EE has these on sale for 39.99 this month and I was thinking of getting one for water bath canning. Has anyone used one before? The reviews on Amazon are all positive.


----------



## JustCliff (May 21, 2011)

I got a steam juicer last year and didn't get to use it. I think Andi knows a thing or two about it.


----------



## Wellrounded (Sep 25, 2011)

Buy it, you'll love it  

I make a lot of juice from the middle of summer through to autumn, can it, then either use for drinking juice, wine, vinegar or cooking with. It's a great way to use up excess fruit etc without all the effort of running through a juicer. I also use mine for making clear chicken stock, pile chicken frames in the top and after 40 minutes you have clear, strong beautiful stock.


----------



## Tucker (Jul 15, 2010)

SouthCentralUS said:


> EE has these on sale for 39.99 this month and I was thinking of getting one for water bath canning. Has anyone used one before? The reviews on Amazon are all positive.


NO!! Steam canners are not safe per the USDA and National Center for Home Food Preservation! FYI. These are not the same as a steam juicer. Both of the above posters are referring to the steam juicer which is awesome.
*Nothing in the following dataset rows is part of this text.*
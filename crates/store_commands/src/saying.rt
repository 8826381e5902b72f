//! What a command says of its own.

ghost use Rattle.hii_bytes.specs.Watching.{Puts};
ghost use Rattle.store_commands.specs.Saying.{before_words, behind_words, no_store_told};

use audit_json::{Telling, end_object, put_kind, put_member};
use hii_bytes::Watched;
use std::io::Write;

/// Begins what is said, up to its words.
pub(crate) fn put_said<W: Write>(telling: Telling, out: &mut Watched<W>)
    ensures { Puts W.contents out.old out.new (before_words telling) }
{
    match telling {
        Telling::Lines => {}
        Telling::Objects => {
            put_kind(b"error", out);
            put_member(b"text", out);
            out.put(b"\"");
        }
    }
}

/// Ends it behind its words.
pub(crate) fn end_said<W: Write>(telling: Telling, out: &mut Watched<W>)
    ensures { Puts W.contents out.old out.new (behind_words telling) }
{
    match telling {
        Telling::Lines => out.put(b"\n"),
        Telling::Objects => {
            out.put(b"\"");
            end_object(out);
        }
    }
}

/// Tells that no store of an id holds bytes.
pub(crate) fn put_no_store<W: Write>(telling: Telling, id: u16, out: &mut Watched<W>)
    ensures { Puts W.contents out.old out.new (no_store_told telling id) }
{
    put_said(telling, out);
    out.put(b"no store ");
    out.put_decimal(u64::from(id));
    end_said(telling, out);
}
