//! Files that hold the bytes of stores.

ghost use Rattle.std.specs.Prelude.{◌≡◌, ◌≢◌, ℕ, List, IfErr, IfOk};
ghost use Rattle.store_commands.specs.Files.{IsRead, IsThere, Known, Unknown};

use hii_bytes::Cause;
use itoa::Buffer;
use setup_files::{Status, Terminals, WholeFile, file, is_same_file, refused, usage};
use std::alloc::{AllocError, Global};
use std::fs;
use std::io::ErrorKind;
use std::rt::Files;

const VARIABLE_AS_OUT: &str = "error: --out is a file of --efivars\n";

/// Files that are read whole by their paths.
pub trait StoreFiles {
    /// What is known of a path.
    ghost known: { Self → List ℕ → Known };

    /// The file of a path, whose bytes are of the store of an id, or the status with which the program ends, as is told then.
    fn read<'p>(&self, path: &'p str, id: u16) -> Result<WholeFile<'p>, Status>
        ensures path { IfOk result (λ file. file.path.now ≡ path.entry.now) }
        ensures bytes { IfOk result (λ file. IsRead (known self.now path.entry.now) file.bytes.items) }
        ensures err { IfErr result (λ status. status ≢ Status.Done) };

    /// The file of a configuration text, or the status with which the program ends, as is told then.
    fn read_config<'p>(&self, path: &'p str) -> Result<WholeFile<'p>, Status>
        ensures bytes { IfOk result (λ file. IsRead (known self.now path.entry.now) file.bytes.items) }
        ensures err { IfErr result (λ status. status ≢ Status.Done) };

    /// Whether there is a file of a path.
    fn is_there(&self, path: &str) -> bool
        ensures { IsThere (known self.now path.now) result };
}

/// The files of the system, of which nothing is known. That of `--out` is not read.
#[derive(Drop)]
pub struct SystemFiles<'a, R> {
    rt: &'a R,
    terminals: Terminals,
    out: Option<&'a str>,
}

impl<'a, R> SystemFiles<'a, R> {
    /// The files that a run reads, which writes the file of a path, if it writes one.
    pub fn new(rt: &'a R, terminals: Terminals, out: Option<&'a str>) -> SystemFiles<'a, R> {
        SystemFiles { rt, terminals, out }
    }
}

impl<R: Files + Print + Eprint + AllocGlobal> StoreFiles for SystemFiles<'_, R> {
    ghost known = { λ _ _. Unknown };

    fn read<'p>(&self, path: &'p str, id: u16) -> Result<WholeFile<'p>, Status> {
        if let Some(out) = self.out {
            if is_same_file(self.rt, path, out) {
                return Err(usage(self.rt, &VARIABLE_AS_OUT));
            }
        }
        let Ok(what) = what_is_read(self.rt.alloc(), id) else {
            return Err(refused(self.rt, self.terminals, Cause::OutOfMemory));
        };
        file(self.rt, self.terminals, path, what.as_str())
    }

    fn read_config<'p>(&self, path: &'p str) -> Result<WholeFile<'p>, Status> {
        file(self.rt, self.terminals, path, "read config")
    }

    fn is_there(&self, path: &str) -> bool {
        match fs::metadata(self.rt, path) {
            Ok(_) => true,
            Err(e) => e.kind() != ErrorKind::NotFound,
        }
    }
}

// What is told of a read of the bytes of a store that fails.
fn what_is_read(alloc: Global, id: u16) -> Result<String, AllocError> {
    let mut what = String::from_str(alloc, "read store ")?;
    let mut digits = Buffer::new();
    what.push_str(digits.format(id))?;
    Ok(what)
}
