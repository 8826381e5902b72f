//! `stores`: a line for each store of a form set.

ghost use Rattle.std.specs.Prelude.{◌≡◌, ◌≢◌, ℕ, List, IfErr, OnErr, OnOk};
ghost use Rattle.hii_bytes.specs.Faults.{Refuses};
ghost use Rattle.hii_bytes.specs.Watching.{Puts};
ghost use Rattle.ifr_nodes.specs.Nodes.{nodes_of};
ghost use Rattle.store_audit.specs.Declaring.{IsDeclaredFault};
ghost use Rattle.audit_json.specs.Telling.{asked};
ghost use Rattle.audit_answers.specs.Endings.{Tells};
ghost use Rattle.audit_answers.specs.Listing.{SaysOfList};
ghost use Rattle.store_commands.specs.Storing.{IsDeclaredBy, SaysStores, lines_told};

use audit_answers::{Answers, Ended, answers, finish, given_list, refuse, refuse_list, told};
use audit_json::Telling;
use audit_options::StoresOptions;
use hii_bytes::{Fault, Watched};
use setup_files::{Status, Terminals, WholeFile, file};
use std::alloc::Global;
use std::io::Write;
use std::rt::Files;
use store_audit::{Declared, device_path, put_headers, put_stores};

/// Tells the stores that a list declares.
pub fn run<R: Files + Print + Eprint + AllocGlobal>(
    rt: &R,
    terminals: Terminals,
    options: StoresOptions<'_>,
) -> Result<Status, Status>
    ensures { IfErr result (λ status. status ≢ Status.Done) }
{
    let list = file(rt, terminals, options.list.path, "read list")?;
    let mut answers = answers(rt, terminals)?;
    let ended = tell(rt.alloc(), options, &list, &mut answers);
    Ok(told(rt, terminals, ended, answers))
}

// Tells the stores of the list that the options name.
fn tell<A: Write + Drop>(
    alloc: Global,
    options: StoresOptions<'_>,
    file: &WholeFile<'_>,
    answers: &mut Answers<A>,
) -> Ended
    requires { file.now.path.now ≡ options.list.path.now }
    ensures { Tells (SaysOfList (asked options.entry.json) options.entry.list.take file.now.bytes.items
        (λ list. SaysStores (asked options.entry.json) options.entry.headers list.bytes options.entry.list.forms))
        A.contents answers.old result answers.new }
{
    match given_list(file.bytes.as_slice(), options.list.take) {
        Ok(list) => tell_of(alloc, options, list.bytes, answers),
        Err(none) => refuse_list(Telling::of(options.json), none, answers),
    }
}

// Tells the stores that a list declares.
fn tell_of<A: Write + Drop>(
    alloc: Global,
    options: StoresOptions<'_>,
    list: &[u8],
    answers: &mut Answers<A>,
) -> Ended
    ensures { Tells (SaysStores (asked options.entry.json) options.entry.headers list.now options.entry.list.forms)
        A.contents answers.old result answers.new }
{
    match put_lines(alloc, options, list, answers) {
        Ok(()) => finish(Ended::Done, answers),
        Err(fault) => refuse(Telling::of(options.json), fault, answers),
    }
}

// Tells each store that a list declares, or the header of each that holds bytes; or gives the least fault by which the list
// is refused, or that an allocation failed. Then nothing is written.
fn put_lines<W: Write>(
    alloc: Global,
    options: StoresOptions<'_>,
    list: &[u8],
    out: &mut Watched<W>,
) -> Result<(), Fault>
    ensures told { OnOk result ((ifr : List ℕ) × IsDeclaredBy list.now options.entry.list.forms ifr
        × Puts W.contents out.old out.new (lines_told (asked options.entry.json) options.entry.headers list.now (nodes_of ifr))) }
    ensures refused { IfErr result (Refuses (IsDeclaredFault list.now options.entry.list.forms)) }
    ensures nothing { OnErr result (out.new ≡ out.old) }
{
    let path = device_path(list)?;
    let declared = Declared::read(alloc, list, usize::from(options.list.forms))?;
    let telling = Telling::of(options.json);
    if options.headers {
        put_headers(telling, declared.forms(), path, out);
    } else {
        put_stores(telling, declared.forms(), out);
    }
    Ok(())
}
http://extension.usu.edu/htm/faq/faq_q=219

Stick with proven safe water bath canning methods and you won't kill yourself or anyone else.


----------



## Wellrounded (Sep 25, 2011)

Pfft just realized I read your post as STEAM JUICER... sorry.
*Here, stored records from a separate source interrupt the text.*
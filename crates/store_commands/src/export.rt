//! `export`: what an image holds.

ghost use Rattle.std.specs.Prelude.{◌≡◌, ◌≢◌, ℕ, List, IfErr, IfOk, OnErr, OnOk, option_map};
ghost use Rattle.hii_bytes.specs.Faults.{Refuses};
ghost use Rattle.hii_bytes.specs.Watching.{Puts};
ghost use Rattle.ifr_nodes.specs.Nodes.{nodes_of};
ghost use Rattle.session_steps.specs.Opening.{IsBrowsable};
ghost use Rattle.audit_answers.specs.Endings.{Tells, TellsAndWrites};
ghost use Rattle.store_commands.specs.Exporting.{IsImaged, IsImagedFault, IsOtherFault, IsPairFault, SaysExport, SaysFields, SpellsOther, TellsFields};
ghost use Rattle.audit_json.specs.Telling.{asked};
ghost use Rattle.store_commands.specs.Saying.{no_store_told};
ghost use Rattle.audit_answers.specs.Listing.{SaysOfList};
ghost use Rattle.audit_answers.specs.code.Endings.{RefusesBehind};
ghost use Rattle.store_commands.specs.code.Exporting.{SaysStore};

use crate::saying::put_no_store;
use audit_answers::{
    Answers, Ended, answers, commit, finish, given_list, refuse, refuse_list, told, told_with_file,
};
use audit_json::Telling;
use audit_options::{ExportOptions, ExportPart};
use hii_bytes::{Cause, Fault, Watched};
use hii_varstore::{Layout, Stores};
use ifr_scopes::Forms;
use image_audit::{put_fields, put_store};
use setup_files::{
    FormSetFiles, Status, Terminals, WholeFile, file, is_same_file, out_file, refused, usage,
};
use std::alloc::Global;
use std::io::Write;
use std::rt::Files;
use store_audit::Declared;

const LIST_AS_OUT: &str = "error: --out is the file of --list\n";

const STORES_AS_OUT: &str = "error: --out is the file of --stores\n";

// What a list declares, and the stores that an image of it spells.
#[derive(Drop)]
struct Imaged<'a> {
    declared: Declared<'a>,
    stores: Stores,
}

/// Tells what an image of the stores of a list holds: the bytes of a store, or each field.
pub fn run<R: Files + Print + Eprint + AllocGlobal>(
    rt: &R,
    terminals: Terminals,
    options: ExportOptions<'_>,
) -> Result<Status, Status>
    ensures { IfErr result (λ status. status ≢ Status.Done) }
{
    match options.part {
        ExportPart::Store { id, out } => run_store(rt, terminals, options, id, out),
        ExportPart::Lines { with } => run_lines(rt, terminals, options, with),
    }
}

// Writes the bytes of a store into a file.
fn run_store<R: Files + Print + Eprint + AllocGlobal>(
    rt: &R,
    terminals: Terminals,
    options: ExportOptions<'_>,
    id: u16,
    path: &str,
) -> Result<Status, Status>
    ensures { IfErr result (λ status. status ≢ Status.Done) }
{
    if is_same_file(rt, options.list.path, path) {
        return Err(usage(rt, &LIST_AS_OUT));
    }
    if is_same_file(rt, options.stores, path) {
        return Err(usage(rt, &STORES_AS_OUT));
    }
    let Ok(out) = out_file(rt, path) else {
        return Err(refused(rt, terminals, Cause::OutOfMemory));
    };
    let files = FormSetFiles::read(rt, terminals, options.list.path, options.stores)?;
    let mut answers = answers(rt, terminals)?;
    let mut out = Watched::new(out);
    let ended = export(rt.alloc(), options, id, &files, &mut answers, &mut out);
    Ok(told_with_file(rt, terminals, ended, answers, path, out))
}

// Tells each field.
fn run_lines<R: Files + Print + Eprint + AllocGlobal>(
    rt: &R,
    terminals: Terminals,
    options: ExportOptions<'_>,
    with: Option<&str>,
) -> Result<Status, Status>
    ensures { IfErr result (λ status. status ≢ Status.Done) }
{
    let files = FormSetFiles::read(rt, terminals, options.list.path, options.stores)?;
    let other = match with {
        Some(path) => Some(file(rt, terminals, path, "read with")?),
        None => None,
    };
    let mut answers = answers(rt, terminals)?;
    let ended = tell(rt.alloc(), options, &files, other.as_ref(), &mut answers);
    Ok(told(rt, terminals, ended, answers))
}

// Writes the bytes of a store of the list that the options name, behind its line.
fn export<A: Write + Drop, O: Write>(
    alloc: Global,
    options: ExportOptions<'_>,
    id: u16,
    files: &FormSetFiles<'_>,
    answers: &mut Answers<A>,
    out: &mut Watched<O>,
) -> Ended
    requires list { files.now.list.path.now ≡ options.list.path.now }
    requires stores { files.now.stores.path.now ≡ options.stores.now }
    ensures { TellsAndWrites (λ bytes. SaysOfList (asked options.entry.json) options.entry.list.take files.now.list.bytes.items
        (λ list. SaysExport (asked options.entry.json) list.bytes options.entry.list.forms files.now.stores.bytes.items id bytes))
        A.contents O.contents answers.old out.old result answers.new out.new }
{
    let telling = Telling::of(options.json);
    match given_list(files.list.bytes.as_slice(), options.list.take) {
        Ok(list) => {
            let image = files.stores.bytes.as_slice();
            export_of(
                telling,
                alloc,
                list.bytes,
                options.list.forms,
                image,
                id,
                answers,
                out,
            )
        }
        Err(none) => refuse_list(telling, none, answers),
    }
}

// Writes the bytes of a store of a list.
fn export_of<A: Write + Drop, O: Write>(
    telling: Telling,
    alloc: Global,
    list: &[u8],
    forms: u16,
    image: &[u8],
    id: u16,
    answers: &mut Answers<A>,
    out: &mut Watched<O>,
) -> Ended
    ensures { TellsAndWrites (SaysExport telling list.now forms image.now id)
        A.contents O.contents answers.old out.old result answers.new out.new }
{
    match open(alloc, list, forms, image) {
        Ok(imaged) => {
            let forms = imaged.declared.forms();
            write(telling, forms, &imaged.stores, id, answers, out)
        },
        Err(fault) => refuse(telling, fault, answers),
    }
}

// Writes the bytes of one of some stores, behind its line.
fn write<A: Write + Drop, O: Write>(
    telling: Telling,
    forms: &Forms<'_>,
    stores: &Stores,
    id: u16,
    answers: &mut Answers<A>,
    out: &mut Watched<O>,
) -> Ended
    ensures { TellsAndWrites (SaysStore telling (nodes_of forms.now) stores.now id)
        A.contents O.contents answers.old out.old result answers.new out.new }
{
    match stores.bytes(id) {
        Some(bytes) => {
            put_store(telling, forms, id, bytes, answers, out);
            commit(answers, out)
        }
        None => refuse_store(telling, id, answers),
    }
}

// What a list declares, and the stores that an image of it spells, or the least fault by which one of them is refused.
fn open<'a>(alloc: Global, list: &'a [u8], forms: u16, image: &[u8]) -> Result<Imaged<'a>, Fault>
    ensures imaged { IfOk result (λ imaged. IsImaged list.entry.now forms image.now imaged.declared imaged.stores) }
    ensures browsable { IfOk result (λ imaged. IsBrowsable imaged.declared) }
    ensures refused { IfErr result (Refuses (IsImagedFault list.entry.now forms image.now)) }
{
    let declared = Declared::read(alloc, list, usize::from(forms))?;
    let stores = Stores::read(alloc, declared.layout(), image)?;
    Ok(Imaged { declared, stores })
}

// Ends a run that is asked for a store which is not there, or holds no bytes: that is told.
fn refuse_store<A: Write + Drop>(telling: Telling, id: u16, answers: &mut Answers<A>) -> Ended
    ensures { RefusesBehind (no_store_told telling id) A.contents answers.old result answers.new }
{
    put_no_store(telling, id, answers);
    finish(Ended::Refused, answers)
}

// Tells the fields of the list that the options name.
fn tell<A: Write + Drop>(
    alloc: Global,
    options: ExportOptions<'_>,
    files: &FormSetFiles<'_>,
    other: Option<&WholeFile<'_>>,
    answers: &mut Answers<A>,
) -> Ended
    requires list { files.now.list.path.now ≡ options.list.path.now }
    requires stores { files.now.stores.path.now ≡ options.stores.now }
    ensures { Tells (SaysOfList (asked options.entry.json) options.entry.list.take files.now.list.bytes.items
        (λ list. SaysFields (asked options.entry.json) list.bytes options.entry.list.forms files.now.stores.bytes.items
        (option_map (λ file. file.now.bytes.items) other.entry)))
        A.contents answers.old result answers.new }
{
    let telling = Telling::of(options.json);
    match given_list(files.list.bytes.as_slice(), options.list.take) {
        Ok(list) => {
            let image = files.stores.bytes.as_slice();
            tell_of(
                telling,
                alloc,
                list.bytes,
                options.list.forms,
                image,
                bytes_of(other),
                answers,
            )
        }
        Err(none) => refuse_list(telling, none, answers),
    }
}

// The bytes of a file, if there is one.
fn bytes_of<'f>(file: Option<&'f WholeFile<'_>>) -> Option<&'f [u8]>
    ensures { option_map (λ bytes. bytes.now) result
        ≡ option_map (λ file. file.now.bytes.items) file.entry }
{
    match file {
        Some(file) => Some(file.bytes.as_slice()),
        None => None,
    }
}

// Tells the fields of a list.
fn tell_of<A: Write + Drop>(
    telling: Telling,
    alloc: Global,
    list: &[u8],
    forms: u16,
    image: &[u8],
    other: Option<&[u8]>,
    answers: &mut Answers<A>,
) -> Ended
    ensures { Tells (SaysFields telling list.now forms image.now (option_map (λ bytes. bytes.now) other.entry))
        A.contents answers.old result answers.new }
{
    match put_all(telling, alloc, list, forms, image, other, answers) {
        Ok(()) => finish(Ended::Done, answers),
        Err(fault) => refuse(telling, fault, answers),
    }
}

// Tells the fields of a list, or gives the least fault by which it or an image is refused, or that an allocation failed.
// Then nothing is written.
fn put_all<W: Write>(
    telling: Telling,
    alloc: Global,
    list: &[u8],
    forms: u16,
    image: &[u8],
    other: Option<&[u8]>,
    out: &mut Watched<W>,
) -> Result<(), Fault>
    ensures told { OnOk result ((text : List ℕ)
        × TellsFields telling list.now forms image.now (option_map (λ bytes. bytes.now) other.entry) text
        × Puts W.contents out.old out.new text) }
    ensures refused { IfErr result (Refuses (IsPairFault list.now forms image.now
        (option_map (λ bytes. bytes.now) other.entry))) }
    ensures nothing { OnErr result (out.new ≡ out.old) }
{
    let imaged = open(alloc, list, forms, image)?;
    let others = read_other(alloc, imaged.declared.layout(), other)?;
    put_fields(
        telling,
        alloc,
        imaged.declared.forms(),
        imaged.declared.layout(),
        &imaged.stores,
        others.as_ref(),
        out,
    )
}

// The stores that another image spells, if there is one, or its fault.
fn read_other(
    alloc: Global,
    layout: &Layout<'_>,
    image: Option<&[u8]>,
) -> Result<Option<Stores>, Fault>
    ensures spelled { IfOk result (SpellsOther layout.now (option_map (λ bytes. bytes.now) image.entry)) }
    ensures refused { IfErr result (Refuses (IsOtherFault layout.now (option_map (λ bytes. bytes.now) image.entry))) }
{
    match image {
        Some(image) => Ok(Some(Stores::read(alloc, layout, image)?)),
        None => Ok(None),
    }
}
On the subject of steam CANNERS, I used one up until about 1995. Then went with the new recommendations of completely covering jars while water bathing. They are still used around the world though, not every country follows USDA guidelines or recommends them. I think we do many, many more dangerous things than use a steam canner but I'll still use the safest method according to current knowledge, even if it is from the USDA .


----------



## JustCliff (May 21, 2011)

Don't know what I was thinking......Oh wait. Yeah, I do. I was thinking about all these grapes that need to be done. Sorry.


----------



## Tucker (Jul 15, 2010)

Wellrounded said:


> ...On the subject of steam CANNERS, I used one up until about 1995. Then went with the new recommendations of completely covering jars while water bathing....I'll still use the safest method according to current knowledge...


Ditto here. It's still sitting in the garage. I can't believe it's still being sold in the U.S. given that the safety has not been determined.


----------



## SouthCentralUS (Nov 11, 2012)

OK. I guess I will pass. Thanks, all.


----------



## OldCootHillbilly (Jul 9, 2010)

Got one, use it all the time. Utah university says they be fine. Only reason USDA don't like it be because the manufacturer won't spend all that money with em. Like anythin else, foller the directions. Do you can bacon? Do you can butter? Many on here do. Just because some big bureaucratic goobernut agency don't like sumtin don't mean it ain't doable. 

It would be like sayin water bath cannin ain't safe fer tamaters, ya need ta pressure can em. Why? As long as ya foller the directions, in my opinion an many others it be just as safe as water bath. Yer surrounding them jars with steam instead a hot water be the difference.


----------